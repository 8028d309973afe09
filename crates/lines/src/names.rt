// The names that a program's heading has, each behind a blank.
ghost use Rattle.std.specs.Prelude.{◌≤◌, ◌<◌, length, IfSome};

use std::io;
use std::io::Print;
use words::{Next, Word, kinds};

// The next word from a place on.
fn word_from(source: &[u8], from: usize) -> Option<Word>
    ensures { IfSome result (λ w. (w.start ≤ w.end) × (w.end ≤ length source.now) × (from < w.end)) }
{
    match words::next_word(source, from) {
        Next::Found(w) => Some(w),
        Next::Stops(_) | Next::Over => None,
    }
}

// Where that word ends, or the text where there is none.
fn end_of(source: &[u8], from: usize) -> usize {
    match word_from(source, from) {
        Some(w) => w.end,
        None => source.len(),
    }
}

fn name(to: &impl Print, source: &[u8], start: usize, end: usize) -> io::Result<()>
    requires { (start ≤ end) × (end ≤ length source.now) }
{
    print!(to; " ")?;
    to.write_all(&source[start..end])
}

// The program's own: its second word.
pub fn own(to: &impl Print, source: &[u8]) -> io::Result<()> {
    match word_from(source, end_of(source, 0)) {
        Some(w) => name(to, source, w.start, w.end),
        None => print!(to; " "),
    }
}

// The place behind `program NAME ;`.
fn heading_end(source: &[u8]) -> usize {
    let mut end = 0;
    for _ in 0..3 {
        end = end_of(source, end);
    }
    end
}

fn declares(kind: u8) -> bool {
    matches!(kind, kinds::PROCEDURE | kinds::INPUT..=kinds::INTEGER)
}

// The word that ends such a declaration.
fn last_of(kind: u8) -> u8 {
    match kind {
        kinds::PROCEDURE => kinds::ENDPROC,
        _ => kinds::SEMICOLON,
    }
}

// Those that the declarations of that kind declare, or `-`. A declaration is open from its keyword up to its last word; behind a procedure a semicolon may stand.
pub fn declared(to: &impl Print, source: &[u8], kind: u8) -> io::Result<()> {
    let mut at = heading_end(source);
    let mut open = None;
    let mut some = false;
    while let Some(w) = word_from(source, at) {
        at = w.end;
        match open {
            None if declares(w.kind) => open = Some(w.kind),
            None if w.kind == kinds::SEMICOLON => {}
            None => break,
            Some(o) if w.kind == last_of(o) => open = None,
            Some(o) if o == kind && w.kind == kinds::NAME => {
                name(to, source, w.start, w.end)?;
                some = true;
            }
            Some(_) => {}
        }
    }
    if some {
        return Ok(());
    }
    print!(to; " -")
}
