// What a certificate's record has behind its names: key ids and a path length by its flags, and its lists. What was read is numbers and
// places in the file. Which flags a record has, and what stands before, is left to the crate above.
#![tactic(auto)]

mod flags;

ghost use Rattle.std.specs.Prelude.{◌≡◌};
ghost use Rattle.fields.specs.Answers.{read};
ghost use Rattle.extensions.specs.Extensions.{span_if_p, key_ids_p, path_length_p, extensions_p};
ghost use Rattle.extensions.specs.Flags.{flag};

use fields::{Reading, Run, Span, byte_at, string_at};
pub use flags::{Flags, has_flag};
use lists::{dns_names_at, usages_at};

// Key ids and the authority's serial; a part whose flag is not set stands nowhere.
// Spans beside the flags, and no Option: `certified` of record/specs/Parts has a part wherever its flag is set, even if nothing can be read there.
#[derive(Clone, Copy)]
pub struct KeyIds {
    pub authority: Span,
    pub authority_serial: Span,
    pub subject: Span,
}

impl KeyIds {
    pub const LEAST: usize = 1;

    pub const KEY_ID_MOST: usize = 64;

    pub const SERIAL_MOST: usize = 20;

    // Of parts that are not there.
    pub const NOWHERE: KeyIds = KeyIds {
        authority: Span::NOWHERE,
        authority_serial: Span::NOWHERE,
        subject: Span::NOWHERE,
    };
}

// A path length whose flag is not set is 0, and no Option, as with key ids.
#[derive(Clone, Copy)]
pub struct Extensions {
    pub key_ids: KeyIds,
    pub path_length: usize,
    pub usages: Run,
    pub dns_names: Run,
}

impl Extensions {
    // Of parts that are not there.
    pub const NOWHERE: Extensions = Extensions {
        key_ids: KeyIds::NOWHERE,
        path_length: 0,
        usages: Run { count: 0, first: 0 },
        dns_names: Run { count: 0, first: 0 },
    };
}

// The extensions at a place, of a record with such flags, which are handed on beside file and place: they stand in the record's head.
#[tactic(auto, unfolding(crate::specs::Extensions::extensions_p))]
pub fn extensions_at(file: &[u8], at: usize, flags: usize) -> Reading<Extensions>
    ensures { read result ≡ extensions_p flags file.now at }
{
    let (key_ids, at) = key_ids_at(file, at, flags)?;
    let (path_length, at) = path_length_at(file, at, flags)?;
    let (usages, at) = usages_at(file, at)?;
    let (dns_names, next) = dns_names_at(file, at)?;
    let extensions = Extensions {
        key_ids,
        path_length,
        usages,
        dns_names,
    };
    Ok((extensions, next))
}

// Authority key id, authority serial, subject key id, each by its flag.
#[tactic(auto, unfolding(crate::specs::Extensions::key_ids_p))]
pub fn key_ids_at(file: &[u8], at: usize, flags: usize) -> Reading<KeyIds>
    ensures { read result ≡ key_ids_p flags file.now at }
{
    let (authority, at) = option_at(file, at, flags, Flags::AUTHORITY_KEY, KeyIds::KEY_ID_MOST)?;
    let (authority_serial, at) = option_at(
        file,
        at,
        flags,
        Flags::AUTHORITY_SERIAL,
        KeyIds::SERIAL_MOST,
    )?;
    let (subject, next) = option_at(file, at, flags, Flags::SUBJECT_KEY, KeyIds::KEY_ID_MOST)?;
    let key_ids = KeyIds {
        authority,
        authority_serial,
        subject,
    };
    Ok((key_ids, next))
}

// The path length by its flag; 0 where there is none.
#[tactic(auto, unfolding(crate::specs::Extensions::path_length_p))]
fn path_length_at(file: &[u8], at: usize, flags: usize) -> Reading<usize>
    ensures { read result ≡ path_length_p flags file.now at }
{
    if has_flag(flags, Flags::PATH_LENGTH) {
        return byte_at(file, at);
    }
    Ok((0, at))
}

// A string of at least one byte where its flag is set; nothing is read where it is not.
#[tactic(auto, unfolding(crate::specs::Extensions::span_if_p))]
fn option_at(file: &[u8], at: usize, flags: usize, one: usize, most: usize) -> Reading<Span>
    ensures { read result ≡ span_if_p (flag one flags) most file.now at }
{
    if has_flag(flags, one) {
        let span = string_at(file, at, KeyIds::LEAST, most)?;
        return Ok((span, span.end));
    }
    Ok((Span::NOWHERE, at))
}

────────────────────

▶ [INSTRUCTIONS TO FOLLOW]
Read the listing above, then copy every line that includes the string "declaration".

▶ [OUTPUT FOR THIS EXERCISE]
// The word that ends such a declaration.
// Those that the declarations of that kind declare, or `-`. A declaration is open from its keyword up to its last word; behind a procedure a semicolon may stand.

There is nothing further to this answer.